----- TASK MATERIAL -----

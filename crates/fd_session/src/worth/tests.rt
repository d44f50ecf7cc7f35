ghost use Rattle.std.specs.Prelude.{◌≡◌, ◌<◌, ◌≤◌, length, IfOk};

use crate::estimate::Area;
use crate::tests::frames::{colour, draw, flat};
use crate::way::Way;
use crate::worth::{MOVE_WORK, STILL_WORK, Slice, next_slice};
use fd_cover::{Bounds, Depth, Func, Interp};
use fd_events::{Event, EventTable};
use std::alloc::Global;
use std::test::Fail;

/// On a target of 1024 by 512 pixels, which is 512 tiles.
fn table(alloc: Global, first: Event, second: Event) -> Result<EventTable, Fail>
    ensures { IfOk result (λ table. length table.events ≡ 2) }
{
    let mut events = Vec::new(alloc);
    events.push(first)?;
    events.push(second)?;
    Ok(EventTable::start(alloc, 3, 1024, 512, events)?)
}

/// The next slice of a session's move over so many tiles.
fn slice_of(table: &EventTable, from: u32, to: u32, tiles: usize, workers: u32) -> Slice
    requires ahead { from < to }
    requires within { to ≤ length table.now.events }
    requires some { 1 ≤ workers }
{
    let area = Area {
        tiles,
        ..Area::of(table)
    };
    let way = Way {
        area,
        ..Way::of(table, from, to)
    };
    next_slice(&way, from, workers, MOVE_WORK)
}

#[test]
fn work_decides_how_many_workers_start(rt: HostRuntime) -> Result<(), Fail> {
    let alloc = rt.alloc();
    let clear = Event::Clear(colour(1, 2, 3, 4));
    let small = flat(alloc, [(0, 0), (90, 0), (0, 90)], colour(1, 2, 3, 4))?;
    let mut table = table(alloc, small, clear)?;
    // the draw takes 36,360 ns, which is worth no worker, and the clear of what was drawn 2,097,152 ns, which is worth 16
    for (from, to, workers, worth) in [
        (1, 2, 64, 16),
        (0, 2, 64, 16),
        (1, 2, 8, 8),
        (1, 2, 1, 1),
        (0, 1, 64, 1),
    ] {
        let slice = slice_of(&table, from, to, 512, workers);
        assert_eq!(rt; slice.workers, worth, "{from} to {to}");
        assert_eq!(rt; slice.end, to, "{from} to {to}");
    }
    assert_eq!(rt; slice_of(&table, 1, 2, 3, 64).workers, 3);
    table.set_on(2, false);
    assert_eq!(rt; slice_of(&table, 0, 2, 512, 64).workers, 1);
    Ok(())
}

/// A clear of tiles that are alike takes 51,200 ns, and not 2,097,152.
#[test]
fn clears_of_what_is_alike_are_little_work(rt: HostRuntime) -> Result<(), Fail> {
    let alloc = rt.alloc();
    let first = Event::Clear(colour(1, 2, 3, 4));
    let second = Event::Clear(colour(5, 6, 7, 8));
    let table = table(alloc, first, second)?;
    assert_eq!(rt; slice_of(&table, 0, 2, 512, 64).workers, 1);
    Ok(())
}

/// On 262,144 tiles the first clear takes 26,214,400 ns and each behind it 262,144, and a slice ends at 191,072,000. Where the first was gone through before,
/// each of the others takes as much as the first.
#[test]
fn clears_that_are_kept_once_are_little_work(rt: HostRuntime) -> Result<(), Fail> {
    let alloc = rt.alloc();
    let mut events = Vec::new(alloc);
    for grey in 0..40 {
        events.push(Event::Clear(colour(grey, grey, grey, grey)))?;
    }
    let table = EventTable::start(alloc, 3, 16384, 16384, events)?;
    if table.len() < 40 {
        return Err(Fail::from("40 clears"));
    }
    assert_eq!(rt; slice_of(&table, 0, 40, 262_144, 1).end, 40);
    assert_eq!(rt; slice_of(&table, 1, 40, 262_144, 1).end, 9);
    Ok(())
}

/// Twenty triangles take 1,454,720 ns, which is worth eleven workers, but not where no depth passes the test.
#[test]
fn what_draws_nothing_is_little_work(rt: HostRuntime) -> Result<(), Fail> {
    let alloc = rt.alloc();
    let never = Event::SetDepth(Depth {
        enable: true,
        write: false,
        func: Func::Never,
    });
    let mut table = table(alloc, never, over_one_another(alloc, 20)?)?;
    assert_eq!(rt; slice_of(&table, 0, 2, 512, 64).workers, 1);
    table.set_on(1, false);
    assert_eq!(rt; slice_of(&table, 0, 2, 512, 64).workers, 11);
    Ok(())
}

/// Triangles of 128 by 128 pixels, 16 tiles' worth, over one another. Each takes 4 ns a pixel and 450 ns a tile, which is 72,736 ns.
fn over_one_another(alloc: Global, count: usize) -> Result<Event, Fail> {
    let corners = [(0, 0), (128, 0), (0, 128)];
    let triangles = vec![in alloc; (corners, [colour(1, 2, 3, 4); 3]); count]?;
    draw(alloc, Interp::Flat, &triangles)
}

#[test]
fn triangles_over_one_another_are_worth_more(rt: HostRuntime) -> Result<(), Fail> {
    let alloc = rt.alloc();
    let one = over_one_another(alloc, 1)?;
    let twenty = over_one_another(alloc, 20)?;
    let table = table(alloc, one, twenty)?;
    assert_eq!(rt; slice_of(&table, 0, 1, 512, 64).workers, 1);
    assert_eq!(rt; slice_of(&table, 0, 2, 512, 64).workers, 11);
    Ok(())
}

/// Twenty groups of them are more than 15 tiles, so each group is taken for its box once and a look of 60 ns at each triangle a tile: 96,256 ns.
#[test]
fn many_triangles_are_looked_at_in_groups(rt: HostRuntime) -> Result<(), Fail> {
    let alloc = rt.alloc();
    let one = over_one_another(alloc, 1)?;
    let many = over_one_another(alloc, 640)?;
    let table = table(alloc, one, many)?;
    assert_eq!(rt; slice_of(&table, 1, 2, 15, 64).workers, 14);
    assert_eq!(rt; slice_of(&table, 1, 2, 20, 64).workers, 20);
    Ok(())
}

/// Triangles of 8 by 8 pixels in two corners of the target, by turns.
fn far_apart(alloc: Global, count: usize) -> Result<Event, Fail> {
    let mut triangles = Vec::new(alloc);
    for number in 0..count {
        let (x, y) = if number % 2 == 0 { (0, 0) } else { (1016, 504) };
        let corners = [(x, y), (x + 8, y), (x, y + 8)];
        triangles.push((corners, [colour(1, 2, 3, 4); 3]))?;
    }
    draw(alloc, Interp::Flat, &triangles)
}

#[test]
fn what_lies_between_triangles_is_no_work(rt: HostRuntime) -> Result<(), Fail> {
    let alloc = rt.alloc();
    let table = table(alloc, far_apart(alloc, 64)?, far_apart(alloc, 64)?)?;
    assert_eq!(rt; slice_of(&table, 0, 2, 512, 64).workers, 1);
    Ok(())
}

/// A thousand triangles take 72,736,720 ns: more than a slice takes on few tiles, and less than it takes to fetch 400,000 tiles.
#[test]
fn a_slice_does_more_than_fetch_its_tiles(rt: HostRuntime) -> Result<(), Fail> {
    let alloc = rt.alloc();
    let first = over_one_another(alloc, 1000)?;
    let second = over_one_another(alloc, 1000)?;
    let table = table(alloc, first, second)?;
    assert_eq!(rt; slice_of(&table, 0, 2, 512, 1).end, 1);
    assert_eq!(rt; slice_of(&table, 0, 2, 400_000, 1).end, 2);
    Ok(())
}

/// On 2048 by 2048 pixels a clear of what was drawn on takes 16,777,216 ns, and a slice of a still ends at 12,048,000 by one worker and at 24,048,000 by
/// four. It begins a slice where it is half of one and doesn't end in the slice of what was before, and isn't counted there. On 2048 by 1024 it takes
/// 8,388,608 of 11,024,000, and on 2048 by 4096 by four workers 33,554,432 of 26,096,000. The draw, of 36,360 ns, is worth no further worker.
#[test]
fn a_large_event_begins_a_slice(rt: HostRuntime) -> Result<(), Fail> {
    let alloc = rt.alloc();
    for (height, from, workers, end, worth) in [
        (2048, 0, 1, 1, 1),
        (2048, 1, 1, 2, 1),
        (2048, 0, 4, 3, 4),
        (1024, 0, 1, 3, 1),
        (1024, 2, 1, 4, 1),
        (4096, 0, 4, 1, 1),
        (4096, 1, 4, 2, 4),
    ] {
        let mut events = Vec::new(alloc);
        for grey in 1..3 {
            events.push(flat(alloc, [(0, 0), (90, 0), (0, 90)], colour(1, 2, 3, 4))?)?;
            events.push(Event::Clear(colour(grey, grey, grey, grey)))?;
        }
        let table = EventTable::start(alloc, 3, 2048, height, events)?;
        if table.len() < 4 {
            return Err(Fail::from("two draws and two clears"));
        }
        let slice = next_slice(&Way::of(&table, from, 4), from, workers, STILL_WORK);
        assert_eq!(rt; slice.end, end, "{height}: from {from} by {workers}");
        assert_eq!(rt; slice.workers, worth, "{height}: from {from} by {workers}");
    }
    Ok(())
}

/// An event that is switched off takes nothing, on however many tiles.
#[test]
fn what_reaches_no_tile_is_no_work(rt: HostRuntime) -> Result<(), Fail> {
    let alloc = rt.alloc();
    let mut table = table(alloc, far_apart(alloc, 2)?, far_apart(alloc, 2)?)?;
    table.set_on(1, false);
    let slice = slice_of(&table, 0, 2, 134_000_000, 1);
    assert_eq!(rt; slice.end, 2);
    Ok(())
}

/// The clear is the same on all 16 rows of tiles. The triangles lie in the box of the upper four, where each row takes 292,384 ns; there all four workers begin,
/// each with a row, and the last one has the rows below as well.
#[test]
fn workers_begin_where_the_work_is(rt: HostRuntime) -> Result<(), Fail> {
    let alloc = rt.alloc();
    let clear = Event::Clear(colour(1, 2, 3, 4));
    let corners = [(0, 0), (1024, 0), (0, 128)];
    let upper = draw(
        alloc,
        Interp::Flat,
        &[(corners, [colour(1, 2, 3, 4); 3]); 2],
    )?;
    let table = table(alloc, upper, clear)?;
    let slice = next_slice(&Way::of(&table, 1, 2), 1, 4, MOVE_WORK);
    assert!(rt; slice.firsts.as_slice() == [0, 128, 256, 384].as_slice());
    let slice = next_slice(&Way::of(&table, 0, 1), 0, 4, MOVE_WORK);
    assert!(rt; slice.firsts.as_slice() == [0, 32, 64, 96].as_slice());
    Ok(())
}

/// In a box of four rows of 16 tiles the clear behind the draw takes 65,536 ns a row, which is worth two workers: they begin in its first and its third row, at its left edge.
#[test]
fn workers_begin_inside_the_box(rt: HostRuntime) -> Result<(), Fail> {
    let alloc = rt.alloc();
    let clear = Event::Clear(colour(1, 2, 3, 4));
    let table = table(alloc, far_apart(alloc, 2)?, clear)?;
    let bounds = Bounds {
        left: 256,
        top: 128,
        right: 768,
        bottom: 256,
    };
    let way = Way {
        area: Area::round(&table, bounds),
        ..Way::of(&table, 1, 2)
    };
    let slice = next_slice(&way, 1, 4, MOVE_WORK);
    assert!(rt; slice.firsts.as_slice() == [136, 200].as_slice());
    Ok(())
}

-----

= WORK ITEM =
Go through the listing above and copy each line that contains "usize".

= RESPONSE =
fn slice_of(table: &EventTable, from: u32, to: u32, tiles: usize, workers: u32) -> Slice
fn over_one_another(alloc: Global, count: usize) -> Result<Event, Fail> {
fn far_apart(alloc: Global, count: usize) -> Result<Event, Fail> {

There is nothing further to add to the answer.